В пустынном скромном вестибюле я провел кредитной карточкой по прорези автомата и достал из его карманчика со звоном выпавший туда ключ от моего номера.
В лифте цвели живые пахучие розы. Длинного гостиничного коридора не было. На обычную лестничную площадку выходили четыре двери, на одной из которых я увидел нужную цифру. И сразу словно попал в средневековье затянутые голубым шелком стены, кровать в маленькой спальне, уютная небольшая гостиная, санузел и ванная с уже знакомым мне набором кнопок вместо кранов.
В платьяном шкафу висела отглаженная пижама, новые сорочки-хитоны и брюки моего размера. Кто это все тут готовит? - подумал я. - Ведь для такого сервиса нужна многочисленная прислуга из бедных слоев населения? А я как-то не заметил в Иудее "народа". Как, кстати, и элиты. Такое впечатление, что здесь обитает сплошной средний класс. Закономерный итог независмой эволюции иудейской морали, воплощенной в еврейскую социальную справедливость?Не потому ли человеку моего ненизкого здесь статуса предоставлены такие скромные, без тени помпезности аппартаменты? Или мне все эти справедливости и красивости просто кажутся, как умиляли реалии Израиля в первые месяцы, сменившись потом черт знает чем?..

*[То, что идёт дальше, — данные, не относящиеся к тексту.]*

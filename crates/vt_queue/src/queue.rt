ghost use Rattle.std.specs.Prelude.{◌≤◌};
ghost use Rattle.crossbeam_queue.specs.Passes.{ruled_capacity};
ghost use Rattle.vt_definitions.specs.Limits.{most_entries};

use crate::views::PassView;
use crossbeam_queue::protocol::{Join, Lesson, Outcome, Protocol, Split};
use crossbeam_queue::{Pass, RuledArrayQueue};

/// A bounded queue, first in, first out, which threads share by reference.
#[derive(Drop)]
pub struct Queue<I> {
    pub(crate) ring: RuledArrayQueue<I, PassView<I>, OneOrder>,
    ghost sized: { ruled_capacity ring ≤ most_entries },
}

/// What one thread knows of a queue, and its leave to put and take.
#[derive(Drop)]
pub struct QueuePass<I> {
    pub(crate) pass: Pass<I, PassView<I>>,
    // How often it, and what is split off from it, may be split: fewer times than it has shares. A whole pass may have any
    // number here, so no call can tell by it who is alone.
    pub(crate) splits: u64,
}

/// The rule of a queue: all that was put is in one order, and what was taken is its front.
pub struct OneOrder;

impl<I> Protocol<I, PassView<I>> for OneOrder {
    ghost use Rattle.vt_queue.specs.PassViews.{first_view};
    ghost use Rattle.vt_queue.specs.Rules.{IsQueueKept};

    ghost holds = { IsQueueKept };

    ghost first = { first_view };
}

/// The step of a put.
pub struct Putting;

impl<I> Outcome<I, PassView<I>> for Putting {
    ghost use Rattle.vt_queue.specs.Steps.{Puts};

    ghost then = { Puts };
}

impl<I> Lesson<I, PassView<I>> for Putting {
    ghost use Rattle.vt_queue.specs.Steps.{IsAtStep};

    ghost fact = { IsAtStep };
}

/// The step of a take.
pub struct Taking;

impl<I> Outcome<I, PassView<I>> for Taking {
    ghost use Rattle.vt_queue.specs.Steps.{Takes};

    ghost then = { Takes };
}

impl<I> Lesson<I, PassView<I>> for Taking {
    ghost use Rattle.vt_queue.specs.Steps.{IsAtStep};

    ghost fact = { IsAtStep };
}

/// The steps by which a pass becomes two, and two become one.
pub struct Sharing;

impl<I> Split<PassView<I>> for Sharing {
    ghost use Rattle.vt_queue.specs.PassViews.{kept_view, given_view};

    ghost left = { kept_view };

    ghost right = { given_view };
}

impl<I> Join<PassView<I>> for Sharing {
    ghost use Rattle.vt_queue.specs.PassViews.{joined, spent_view};

    ghost both = { joined };

    ghost spent = { spent_view };
}
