ghost use Rattle.std.specs.Prelude.{◌≡◌, ◌+◌, ◌-◌, ◌/◌, ◌<◌, ◌≤◌, [], List, MatchBool, IfOk, IfErr, OnErr, IfSome, IfNone, OnOk};
ghost use Rattle.vt_definitions.specs.Limits.{most_entries};
ghost use Rattle.vt_queue.specs.PassViews.{first_view, joined, Splits, all_shares, split_part};
ghost use Rattle.vt_queue.specs.Steps.{Puts, Takes, IsAtStep};
ghost use Rattle.vt_queue.specs.Queues.{queue_view_of, queue_splits_of, IsPassOfQueue, capacity_of, WasFull};

use crate::queue::{Putting, Queue, QueuePass, Sharing, Taking};
use crossbeam_queue::RuledArrayQueue;
use std::alloc::Global;
use std::sync::Wait;
use std::thread::Threads;
use vt_outside::NoMemory;

// How often a new pass may be split.
const SPLITS: u64 = (1 << 60) - 1;

// One of so many splits goes to the pass that is split off.
const PART: u64 = 1024;

// Whether a pass has no splits left.
fn are_spent(splits: u64) -> bool
    ensures { MatchBool result (splits ≡ 0) (0 < splits) }
{
    splits == 0
}

// How many splits go to the pass that is split off.
fn given_of(splits: u64) -> u64
    requires { 0 < splits }
    ensures { result ≡ (splits - 1) / split_part }
{
    (splits - 1) / PART
}

/// The item that a full queue hands back.
#[derive(Drop)]
pub struct Full<I> {
    /// The item.
    pub item: I,
}

impl<I> Queue<I> {
    /// An empty queue with room for `capacity` items, from 1 to 4,096, and its one pass.
    pub fn new(alloc: Global, capacity: u32) -> Result<(Queue<I>, QueuePass<I>), NoMemory>
        requires { (1 ≤ capacity) × (capacity ≤ most_entries) }
        ensures of { IfOk result (λ made. IsPassOfQueue made.0 made.1) }
        ensures capacity { IfOk result (λ made. capacity_of made.0 ≡ capacity) }
        ensures view { IfOk result (λ made. queue_view_of made.1 ≡ first_view) }
        ensures splits { IfOk result (λ made. queue_splits_of made.1 + 1 ≡ all_shares) }
    {
        let (ring, pass) = RuledArrayQueue::ruled(alloc, capacity as usize)?;
        Ok((
            Queue { ring },
            QueuePass {
                pass,
                splits: SPLITS,
            },
        ))
    }

    /// How many items it has room for.
    pub fn capacity(&self) -> u32
        ensures { result ≡ capacity_of self.now }
    {
        self.ring.capacity() as u32
    }

    /// Splits a pass off, for another thread: it has no puts and takes of its own, and knows what this one put and knew. It is
    /// refused only where this pass has no splits left, and then nothing changed.
    pub fn split(&self, _alloc: Global, pass: &mut QueuePass<I>) -> Result<QueuePass<I>, NoMemory>
        requires { IsPassOfQueue self.now pass.old }
        ensures of { IsPassOfQueue self.now pass.new }
        ensures other { IfOk result (λ other. IsPassOfQueue self.now other) }
        ensures splits { IfOk result (λ other. Splits (queue_view_of pass.old) (queue_view_of pass.new) (queue_view_of other)) }
        ensures budget { IfOk result (λ other. queue_splits_of pass.new + queue_splits_of other + 1 ≡ queue_splits_of pass.old) }
        ensures part { IfOk result (λ other. queue_splits_of other ≡ (queue_splits_of pass.old - 1) / split_part) }
        ensures refused { OnErr result ((pass.new ≡ pass.old) × (queue_splits_of pass.old ≡ 0)) }
    {
        if are_spent(pass.splits) {
            return Err(NoMemory);
        }
        let given = given_of(pass.splits);
        let other = self.ring.another::<Sharing>(&mut pass.pass);
        pass.splits = pass.splits - 1 - given;
        Ok(QueuePass {
            pass: other,
            splits: given,
        })
    }

    /// Takes a pass in: what it put, took and knew is now this one's. Where no other pass is left, this one knows the queue.
    pub fn join(&self, into: &mut QueuePass<I>, pass: QueuePass<I>)
        requires { IsPassOfQueue self.now into.old × IsPassOfQueue self.now pass }
        ensures of { IsPassOfQueue self.now into.new }
        ensures joined { queue_view_of into.new ≡ joined (queue_view_of into.old) (queue_view_of pass) }
        ensures splits { queue_splits_of into.new ≡ queue_splits_of into.old + queue_splits_of pass + 1 }
        ensures at_step { (left : List I) × IsAtStep (queue_view_of into.new) left }
    {
        let QueuePass { pass, splits } = pass;
        self.ring.absorb::<Sharing>(&mut into.pass, pass);
        self.ring.learn_as::<Taking>(&mut into.pass);
        into.splits += splits + 1;
    }

    /// Puts an item at the end. It is refused only if there was a step of the call at which every place was taken; the item
    /// then comes back in `Full`.
    pub fn put<Rt: Threads + Wait>(
        &self,
        rt: &Rt,
        pass: &mut QueuePass<I>,
        item: I,
    ) -> Result<(), Full<I>>
        requires { IsPassOfQueue self.now pass.old }
        ensures of { IsPassOfQueue self.now pass.new × (queue_splits_of pass.new ≡ queue_splits_of pass.old) }
        ensures puts { OnOk result (Puts (queue_view_of pass.old) item (queue_view_of pass.new)) }
        ensures item { IfErr result (λ full. full.item ≡ item) }
        ensures same { OnErr result (queue_view_of pass.new ≡ queue_view_of pass.old) }
        ensures full { OnErr result (WasFull self.now (queue_view_of pass.old)) }
    {
        match self.ring.push_as::<Putting, Rt>(rt, &mut pass.pass, item) {
            Ok(()) => Ok(()),
            Err(item) => Err(Full { item }),
        }
    }

    /// Takes the first item. It answers `None` only if there was a step of the call at which the queue had no item.
    pub fn take<Rt: Threads + Wait>(&self, rt: &Rt, pass: &mut QueuePass<I>) -> Option<I>
        requires { IsPassOfQueue self.now pass.old }
        ensures of { IsPassOfQueue self.now pass.new × (queue_splits_of pass.new ≡ queue_splits_of pass.old) }
        ensures takes { IfSome result (λ item. Takes (queue_view_of pass.old) item (queue_view_of pass.new)) }
        ensures empty { IfNone result ((queue_view_of pass.new ≡ queue_view_of pass.old) × IsAtStep (queue_view_of pass.new) []) }
    {
        self.ring.pop_as::<Taking, Rt>(rt, &mut pass.pass)
    }
}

После ванны и цветочного чая из заботливо приготовленного в кухне набора я вышел на балкон и снова стал осматривать город.

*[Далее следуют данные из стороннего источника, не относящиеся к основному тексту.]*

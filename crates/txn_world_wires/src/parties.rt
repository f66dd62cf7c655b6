//! The two parties but for the resource's session: the record, the two wires and the controllers.

ghost use Rattle.std.specs.Prelude.{◌≡◌, ◌<◌, length, slice_get, OnErr, IfOk, Some, Ok};
ghost use Rattle.txn_parties.specs.declared.event.Event.TheVariants as events;
ghost use Rattle.txn_parties.specs.declared.event.Happened.TheVariants as happenings;
ghost use Rattle.txn_parties.specs.declared.item.Item.TheVariants as items;
ghost use Rattle.txn_world_wires.specs.Moves.{MovesParties};
ghost use Rattle.txn_parties.specs.BackWire.{heard_by};
ghost use Rattle.txn_parties.specs.Turns.{state_under};
ghost use Rattle.txn_world_wires.specs.Knowing.{heard_of};
ghost use Rattle.txn_world_wires.specs.Parties.{Begun};
ghost use Rattle.txn_world_wires.specs.Putting.{IsDeclare, discharge_event, posted, retired, to_discharge, with_item, working_id};

use crate::controllers::{Controllers, Transaction};
use crate::tag::Tag;
use crate::waiting::{ForwardWire, Waiting};
use amqp_resource_record::{Entries, is_plain};
use amqp_txn_types::{
    DeliveryState, Disposition, Frame, Items, NoMemory, Outcome, Payload, TransactionId,
    TransactionalState, Transfer, TryClone,
};
use std::alloc::Global;
use txn_parties::{Answered, Event, Halt, Happened, Heard};

/// The record of the resource, the two wires, and the controllers.
#[derive(Drop)]
pub struct Parties {
    /// The entries of the attaches, and then those of the items that arrived.
    pub entries: Entries,
    /// How many of them are those of the attaches.
    pub attached: usize,
    /// What each item is that arrived.
    pub tags: Items<Tag>,
    /// The items that wait to arrive.
    pub waiting: ForwardWire,
    /// What was put back, in order.
    pub answers: Items<Answered>,
    /// How many of these answers have returned.
    pub returned: usize,
    /// Whether the wires were cut.
    pub cut: bool,
    /// Why the session stopped, if it did.
    pub stop: Option<Halt>,
    /// What the controllers know.
    pub controllers: Controllers,
    alloc: Global,
}

/// What a transaction has heard.
fn heard_of(txn: Transaction) -> Heard
    ensures { result ≡ heard_by txn.id txn.verdict }
{
    match (txn.id, txn.verdict) {
        (None, _) => Heard::Undeclared,
        (Some(_), None) => Heard::Nothing,
        (Some(_), Some(verdict)) => verdict,
    }
}

/// A copy of the transfer under the id, with its payload.
fn posted(
    id: TransactionId,
    transfer: &Transfer,
    outcome: &Option<Outcome>,
    payload: &Payload,
) -> Result<Frame, NoMemory>
    ensures { IfOk result (λ frame. frame ≡ posted id transfer.now outcome.now payload.now) }
{
    let state = state_under(id, outcome)?;
    let payload = payload.try_clone()?;
    let mut transfer = transfer.try_clone()?;
    transfer.state = Some(state);
    Ok(Frame::Transfer { transfer, payload })
}

/// A copy of the disposition under the id.
fn retired(
    id: TransactionId,
    disposition: &Disposition,
    outcome: &Option<Outcome>,
) -> Result<Frame, NoMemory>
    ensures { IfOk result (λ frame. frame ≡ retired id disposition.now outcome.now) }
{
    let state = state_under(id, outcome)?;
    let mut disposition = disposition.try_clone()?;
    disposition.state = Some(state);
    Ok(Frame::Disposition(disposition))
}

/// The transactional state of a frame under the id.
fn state_under(id: TransactionId, outcome: &Option<Outcome>) -> Result<DeliveryState, NoMemory>
    ensures { IfOk result (λ state. state_under id outcome.now ≡ Some state) }
{
    let outcome = outcome.try_clone()?;
    Ok(DeliveryState::TransactionalState(TransactionalState {
        txn_id: id,
        outcome,
    }))
}

impl Parties {
    /// Two parties as they begin, with the entries of the attaches, one for each controller. Out of
    /// memory is the only error.
    pub fn new(alloc: Global, entries: Entries) -> Result<Self, NoMemory>
        ensures { IfOk result (λ parties. Begun entries parties) }
    {
        let attached = entries.len();
        let controllers = Controllers::new(alloc, entries.as_slice())?;
        Ok(Parties {
            entries,
            attached,
            tags: Items::new(alloc),
            waiting: ForwardWire::new(alloc),
            answers: Items::new(alloc),
            returned: 0,
            cut: false,
            stop: None,
            controllers,
            alloc,
        })
    }

    /// What the transaction with this number has heard.
    pub fn heard(&self, txn: u32) -> Option<Heard>
        ensures { result ≡ heard_of (slice_get self.now.controllers.transactions txn) }
    {
        match self.controllers.find(txn) {
            None => None,
            Some(txn) => Some(heard_of(txn)),
        }
    }

    /// The entries, taken out.
    pub fn into_entries(self) -> Entries
        ensures { result ≡ self.entries }
    {
        self.entries
    }

    /// The id under which the transaction may put frames: it has heard it, and has sent no
    /// discharge.
    fn working_id(&self, txn: u32) -> Option<TransactionId>
        ensures { result ≡ working_id (slice_get self.now.controllers.transactions txn) }
    {
        let txn = self.controllers.find(txn)?;
        if txn.sent { None } else { txn.id }
    }

    /// The transaction and its id, where it may put a discharge: it may put frames, and its link's
    /// end wasn't sent.
    fn to_discharge(&self, txn: u32) -> Option<(Transaction, TransactionId)>
        ensures { result ≡ to_discharge self.now.controllers txn }
    {
        let txn = self.controllers.find(txn)?;
        if txn.sent || self.controllers.has_ended(txn.link) {
            return None;
        }
        let id = txn.id?;
        Some((txn, id))
    }

    /// Puts a frame.
    fn put_frame(&mut self, frame: Frame) -> Result<Happened, NoMemory>
        ensures ok { IfOk result (λ happened. (happened ≡ happenings.Put)
            × (self.new ≡ with_item self.old (items.Frame frame))) }
        ensures err { OnErr result (self.new ≡ self.old) }
    {
        self.waiting.put(Waiting::frame(frame))?;
        Ok(Happened::Put)
    }

    /// A controller declares a new transaction.
    fn declare(&mut self, link: u32) -> Result<Happened, NoMemory>
        requires { length self.old.controllers.transactions < 4294967295 }
        ensures { MovesParties self.old (events.Declare link) result self.new }
    {
        if !self.controllers.is_open(link) {
            return Ok(Happened::Skipped);
        }
        let number = self.controllers.len() as u32;
        let item = Waiting::declare(self.alloc, number, u64::from(link))?;
        self.waiting.put(item)?;
        match self.controllers.declare(link) {
            Ok(()) => Ok(Happened::Put),
            Err(error) => {
                self.waiting.take_back();
                Err(error)
            }
        }
    }

    /// A transaction posts a transfer.
    fn post(
        &mut self,
        txn: u32,
        transfer: &Transfer,
        outcome: &Option<Outcome>,
        payload: &Payload,
    ) -> Result<Happened, NoMemory>
        ensures { MovesParties self.old
            (events.Post txn transfer.now outcome.now payload.now) result self.new }
    {
        match self.working_id(txn) {
            None => Ok(Happened::Skipped),
            Some(id) => {
                let frame = posted(id, transfer, outcome, payload)?;
                self.put_frame(frame)
            }
        }
    }

    /// A transaction retires deliveries.
    fn retire(
        &mut self,
        txn: u32,
        disposition: &Disposition,
        outcome: &Option<Outcome>,
    ) -> Result<Happened, NoMemory>
        ensures { MovesParties self.old
            (events.Retire txn disposition.now outcome.now) result self.new }
    {
        match self.working_id(txn) {
            None => Ok(Happened::Skipped),
            Some(id) => {
                let frame = retired(id, disposition, outcome)?;
                self.put_frame(frame)
            }
        }
    }

    /// A transaction is to be committed or rolled back.
    fn discharge(&mut self, number: u32, rollback: bool) -> Result<Happened, NoMemory>
        ensures { MovesParties self.old (discharge_event number rollback) result self.new }
    {
        let Some((txn, id)) = self.to_discharge(number) else {
            return Ok(Happened::Skipped);
        };
        let link = u64::from(txn.link);
        let item = Waiting::discharge(self.alloc, number, link, id, rollback)?;
        self.waiting.put(item)?;
        match self.controllers.discharge(number, txn, id, rollback) {
            Ok(()) => Ok(Happened::Put),
            Err(error) => {
                self.waiting.take_back();
                Err(error)
            }
        }
    }

    /// A controller ends its link.
    fn end_link(&mut self, link: u32) -> Result<Happened, NoMemory>
        ensures { MovesParties self.old (events.LinkEnd link) result self.new }
    {
        if !self.controllers.is_open(link) {
            return Ok(Happened::Skipped);
        }
        self.waiting.put(Waiting::link_end(u64::from(link)))?;
        self.controllers.end(link);
        Ok(Happened::Put)
    }

    /// A plain frame is put.
    fn put_plain(&mut self, frame: &Frame) -> Result<Happened, NoMemory>
        ensures { MovesParties self.old (events.Plain frame.now) result self.new }
    {
        if !is_plain(frame) {
            return Ok(Happened::Skipped);
        }
        let frame = frame.try_clone()?;
        self.put_frame(frame)
    }

    /// The next answer returns, and its transaction hears it.
    fn give_back(&mut self) -> Result<Happened, NoMemory>
        ensures { MovesParties self.old events.Return result self.new }
    {
        if self.cut || self.returned >= self.answers.len() {
            return Ok(Happened::Skipped);
        }
        let Some(answer) = self.answers.get(self.returned) else {
            unreachable!();
        };
        let answer = *answer;
        // It is the answer to a request that a transaction awaits.
        let Some(txn) = self.controllers.find(answer.txn) else {
            return Ok(Happened::Skipped);
        };
        if !self.controllers.hear(txn, answer)? {
            return Ok(Happened::Skipped);
        }
        self.returned += 1;
        Ok(Happened::Heard)
    }

    /// Both wires are cut.
    fn cut_off(&mut self) -> Happened
        ensures { MovesParties self.old events.Cut (Ok result) self.new }
    {
        if self.cut {
            return Happened::Skipped;
        }
        self.cut = true;
        Happened::Cut
    }

    /// An event that is no arrival.
    pub fn happen(&mut self, event: &Event) -> Result<Happened, NoMemory>
        requires { IsDeclare event.now
            → length self.old.controllers.transactions < 4294967295 }
        ensures { (event.now ≡ events.Arrive → ⊥)
            → MovesParties self.old event.now result self.new }
    {
        match event {
            Event::Declare(link) => self.declare(*link),
            Event::Post {
                txn,
                transfer,
                outcome,
                payload,
            } => self.post(*txn, transfer, outcome, payload),
            Event::Retire {
                txn,
                disposition,
                outcome,
            } => self.retire(*txn, disposition, outcome),
            Event::Commit(txn) => self.discharge(*txn, false),
            Event::Rollback(txn) => self.discharge(*txn, true),
            Event::LinkEnd(link) => self.end_link(*link),
            Event::Plain(frame) => self.put_plain(frame),
            Event::Arrive => Ok(Happened::Skipped),
            Event::Return => self.give_back(),
            Event::Cut => Ok(self.cut_off()),
        }
    }
}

Нет, не Голландия, подумалось мне. Та странаплоская, а эта на лесистых холмах. Голландия, к тому же, немыслима без каналов... Ни на что известное мне по телевидению, кино и литературе, Иудея не походила. Неужели Родина, наконец?Но мне и Израиль до близкого с ним знакомства казался родиной... Между горами угадывалась та самая похожая на Днепр река, которую я с воздуха принял за морской залив. Я так и не смог вспомнить аналогичной реки такой ширины в этой части моей Сибири.

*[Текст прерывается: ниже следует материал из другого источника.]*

//! The queues of a broker, by number and by name.

ghost use Rattle.std.specs.Prelude.{◌≡◌, ◌≤◌, ◌<◌, ◌+◌, ◌++◌, ◌∷◌, [], OnOk, OnErr, IfOk, length, take, slice_get, position, nat_eq, option_copied};
ghost use Rattle.std.specs.Cmp.Lexicographic.{pointwise};
ghost use Rattle.indexmap.specs.IndexSet.{insert_key};
ghost use Rattle.txn_broker_table.specs.Marks.{came, numbers_in};
ghost use Rattle.amqp_txn_types.specs.declared.performatives.Frame.TheVariants as frames;
ghost use Rattle.txn_broker_queues.specs.Keeping.{Fades};

use crate::link::removed_numbers;
use amqp_txn_types::{Disposition, NoMemory, Text, TryClone};
use std::alloc::Global;
use std::collections::BTreeMap;
use std::marker::Model;
use txn_broker_table::{Mark, MessageTable};

/// The names of the queues, by first attach, and their messages. A contract sees the names and
/// what is kept of each message.
///
/// A name is kept twice: once where the names are listed, and once in the order of names, so that
/// it is found in logarithmic time whichever names a peer picks.
#[derive(Drop)]
pub struct Queues {
    names: Vec<Text>,
    numbers: BTreeMap<Text, usize>,
    table: MessageTable,
}

impl Model for Queues {
    ghost use Rattle.std.specs.Prelude.{◌≡◌, length};
    ghost use Rattle.std.specs.Ordering.{nat_cmp};
    ghost use Rattle.std.specs.Cmp.Lexicographic.{slice_cmp};
    ghost use Rattle.std.specs.BTreeMap.{get};
    ghost use Rattle.txn_broker_queues.specs.Keeping.{AreNumbered, Lines};

    ghost Value = { Lines };

    ghost view = { λ q. record {
      names = q.names.items;
      marks = q.table.marks;
      room = q.table.room;
    } };

    ghost invariant = { λ q. (q.table.queues ≡ length q.names.items)
        × AreNumbered q.names.items (λ name. get (slice_cmp nat_cmp) q.numbers name) };
}

impl Queues {
    /// No queue. It takes no memory; later growth takes it from `alloc`.
    pub fn new(alloc: Global) -> Queues
        ensures names { result.names ≡ [] }
        ensures marks { result.marks ≡ [] }
    {
        Queues {
            names: Vec::new(alloc),
            numbers: BTreeMap::new(alloc),
            table: MessageTable::new(alloc),
        }
    }

    /// How many queues there are.
    pub fn count(&self) -> usize
        ensures { result ≡ length self.now.names }
    {
        self.names.len()
    }

    /// The name of the queue of a number; `None` from [`Queues::count`] on.
    pub fn name(&self, queue: usize) -> Option<&Text>
        ensures { option_copied result ≡ slice_get self.now.names queue }
    {
        self.names.get(queue)
    }

    /// The number of the queue of a name.
    pub fn find(&self, name: &Text) -> Option<usize>
        ensures { result ≡ position (pointwise nat_eq name.now) self.now.names }
    {
        self.numbers.get(name).copied()
    }

    /// The number of the queue of a name, which is made where there is none. The only error is out
    /// of memory, and then nothing changes.
    pub fn find_or_add(&mut self, name: &Text) -> Result<usize, NoMemory>
        ensures marks { self.new.marks ≡ self.old.marks }
        ensures room { self.new.room ≡ self.old.room }
        ensures ok { IfOk result (λ queue. slice_get self.new.names queue ≡ Some name.now) }
        ensures names { OnOk result
            (self.new.names ≡ insert_key (pointwise nat_eq) self.old.names name.now) }
        ensures err { OnErr result (self.new.names ≡ self.old.names) }
    {
        if let Some(queue) = self.numbers.get(name).copied() {
            return Ok(queue);
        }
        let queue = self.names.len();
        let key = name.try_clone()?;
        let listed = name.try_clone()?;
        self.names.reserve(1)?;
        self.numbers.insert(key, queue)?;
        let Ok(_) = self.table.add_queue() else {
            let _ = self.numbers.remove(name);
            return Err(NoMemory);
        };
        self.names.push_reserved(listed);
        Ok(queue)
    }

    /// How many messages came.
    pub fn message_count(&self) -> usize
        ensures { result ≡ length self.now.marks }
    {
        self.table.len()
    }

    /// Makes room for so many more messages. The only error is out of memory.
    pub fn reserve(&mut self, additional: usize) -> Result<(), NoMemory>
        ensures names { self.new.names ≡ self.old.names }
        ensures marks { self.new.marks ≡ self.old.marks }
        ensures room { OnOk result (additional ≤ self.new.room) }
        ensures stays { self.old.room ≤ self.new.room }
        ensures lacked { OnErr result (self.old.room < additional) }
    {
        Ok(self.table.reserve(additional)?)
    }

    /// Adds a message to a queue. It takes no memory.
    pub fn push(&mut self, place: usize, queue: usize)
        requires room { 0 < self.old.room }
        requires queue { queue < length self.old.names }
        ensures names { self.new.names ≡ self.old.names }
        ensures marks { self.new.marks ≡ self.old.marks ++ came place queue ∷ [] }
        ensures room { self.new.room + 1 ≡ self.old.room }
    {
        self.table.push(place, queue);
    }

    /// Takes the messages that a disposition removes from their queues. It takes no memory.
    pub fn remove_covered(&mut self, disposition: &Disposition)
        ensures names { self.new.names ≡ self.old.names }
        ensures fades { Fades (frames.Disposition disposition.now) self.old.marks self.new.marks }
        ensures room { self.new.room ≡ self.old.room }
    {
        if let Some((from, to)) = removed_numbers(disposition) {
            self.table.remove(from, to);
        }
    }

    /// Shortens the way along the first messages of a queue.
    pub fn shorten(&mut self, queue: usize, count: usize)
        requires queue { queue < length self.old.names }
        ensures { self.new ≡ self.old }
    {
        self.table.shorten(queue, count);
    }

    /// The numbers of the first so many messages of a queue, rising. The only error is out of
    /// memory.
    pub fn first_numbers(
        &self,
        alloc: Global,
        queue: usize,
        count: usize,
    ) -> Result<Vec<usize>, NoMemory>
        requires queue { queue < length self.now.names }
        ensures { IfOk result (λ numbers. numbers.items
            ≡ take count (numbers_in queue self.now.marks)) }
    {
        Ok(self.table.numbers(alloc, queue, count)?)
    }

    /// The message of a number.
    pub fn get(&self, number: usize) -> Option<Mark>
        ensures { result ≡ slice_get self.now.marks number }
    {
        self.table.get(number)
    }
}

Я взял аккуратно сложенные в прозрачный конверт свежие газеты, все еще не веря, что свободно читаю на иврите. И тем более не веря, что я читаю именно новости, репортажи, мягкий еврейский юмор, а не вымученную напряженную брань слепых от ярости политических противников, грязь компроматов, злорадство, животную злобу, закомуфлированную в объективность и плохо скрытое самолюбование авторов публикаций. В иудейских газетах не было ничего, что заставляло израильских читателей ненавидеть всех и вся, не верить никому и относиться к своему народу, как к сборищу фальшивых скандалистов. Такая журналистика не оставляла места для трезвого анализа людей и событий. От нее можно было только отгородиться полным неприятием газет, радио и телевидения, вернувшись к доинформационному образу жизни...
4.
"Если у нас с тобой вдруг возникнут проблемы с инерционной рекуперацией, Ирит, - тревожно вглядывался главный конструктор в опухшее от слез и бессонной ночи лицо своей новой сотрудницы, - то мы спросим Морди по видеофону. Ваши личные отношения не имеют никакого отношения к твоей работе." "А квартира?" "Живи там, где вы жили с Морди. Если выяснится, что он не вернется к тебе и что эта квартира тебе велика, дадим другую, поменьше. Ну как? Настроение рабочее? Или начнутся стрессы?" "Не бойся, Гади... - вымученно улыбнулась Ира, - не начнутся. Я и не такое еще пережила в своей жизни. Не вернется этот, будет другой." "И прекрасно. Так что у нас с пневматикой вчера не вытанцовывалось? Почему ты решила попробовать соленоиды?" "Марк... ну, Морди как-то говорил, что этот вариант ему предложил для скоростной шагайки израильский профессор. Смотри..."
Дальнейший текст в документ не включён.